The additional investment options, which may provide greater returns, are potentially further improved by lower costs that can exist in a PPLI policy or be negotiated between the carrier and the owner of a policy. For example, a PPLI buyer may negotiate lower agent commissions or commissions that are based on growth in the value of the policy and taken ratably over the life of the policy, rather than a fixed, up-front commission charged against the initial premiums. Because agent commissions are paid by the carrier out of the premium, the lower the commission, the more the premium is added to the cash surrender accounts for the PPLI policy.1 Furthermore, because much of the policy premium is invested in cash surrender value (CSV) and not death benefit, mortality and expense (M&E) charges will be reduced. M&E charges are fees that the carrier charges within the premium for administration of the policy that account for the risk that the insured may not live long enough for the carrier to profit from the policy in light of the costs of maintaining the policy. This emphasis on growth in the CSV also results in smaller cost of insurance (COI) charges. COI charges are fees paid to the carrier within the premium for the pure investment risk it’s taking on by issuing the policy, and they’re based on the difference between the policy cash value and the policy’s face amount. Finally, surrender charges typically aren’t charged in PPLI products.

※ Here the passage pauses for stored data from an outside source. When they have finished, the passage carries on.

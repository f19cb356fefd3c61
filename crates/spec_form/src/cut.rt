//! Cutting a text into lines, and a line into its parts.

ghost use Rattle.std.specs.Prelude.{◌≡◌, ◌∷◌, [], true, false, IfNone, IfSome, length, ◌<◌, ◌≢◌};
ghost use Rattle.depot_path.specs.Bytes.{is_among};
ghost use Rattle.spec_form.specs.Texts.{before, behind, is_blank, text_lines, trimmed_end, trimmed_start};

/// What stands before the first such byte of a text, and behind it.
pub fn cut_at(text: &[u8], byte: u8) -> Option<(&[u8], &[u8])>
    ensures found { IfSome result (λ parts. (is_among text.now byte ≡ true) × (parts.0.now ≡ before byte text.now) ×
        (parts.1.now ≡ behind byte text.now)) }
    ensures absent { IfNone result (is_among text.now byte ≡ false) }
{
    for (i, b) in text.iter().enumerate() {
        if *b == byte {
            return Some((&text[..i], &text[i + 1..]));
        }
    }
    None
}

/// The first line of a text, without its end, and what follows it.
pub fn first_line(text: &[u8]) -> (&[u8], &[u8])
    requires { text.now ≢ [] }
    ensures lines { text_lines text.now ≡ result.0.now ∷ text_lines result.1.now }
    ensures shorter { length result.1.now < length text.now }
{
    match cut_at(text, b'\n') {
        Some(parts) => parts,
        None => (text, &[]),
    }
}

pub fn is_blank_byte(byte: u8) -> bool
    ensures { result ≡ is_blank byte }
{
    byte == b' ' || byte == b'\t'
}

/// A line without the blanks before it.
pub fn trim_start(mut line: &[u8]) -> &[u8]
    ensures { result.now ≡ trimmed_start line.entry.now }
{
    while let [first, rest @ ..] = line {
        if !is_blank_byte(*first) {
            return line;
        }
        line = rest;
    }
    line
}

/// A line without the blanks behind it.
pub fn trim_end(mut line: &[u8]) -> &[u8]
    ensures { result.now ≡ trimmed_end line.entry.now }
{
    while let [rest @ .., last] = line {
        if !is_blank_byte(*last) {
            return line;
        }
        line = rest;
    }
    line
}
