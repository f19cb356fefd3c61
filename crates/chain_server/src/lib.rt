//! The depot server with a second site: a node, with files of its own, that follows a depot.
//!
//! [`whole_top`] is all that the program does over a depot and a node that follows it: with the first word `follow` the
//! node follows, with the first word `node` the words behind it are run over the node's files, which so take the
//! depot's place, and all other words are run over the depot's. [`task_of`] tells which of the three.
#![tactic(auto)]

mod whole;

pub use depot_follow::{ChainCause, ChainEnded, chain_top};
pub use p4_server::{Cause, Ended, PartyCause, PartyEnd};
pub use replica_chain::Pair;
pub use whole::{Task, WholeEnded, task_of, whole_top};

PPLI also has all of the same benefits offered by every VUL non-PPLI policy. The assets in the policy for investment are held in separate accounts, not the general account of the insurance carrier, thereby protecting the assets from claims against the carrier, and the payout of the death benefit isn’t subject to income tax under Internal Revenue Code Section 101(a) (subject to the transfer-for-value rules).2 In addition, IRC Section 72(e) provides that any amounts received from a life insurance contract are considered first to come from the policyholder’s investment in the contract and to such extent are income tax free.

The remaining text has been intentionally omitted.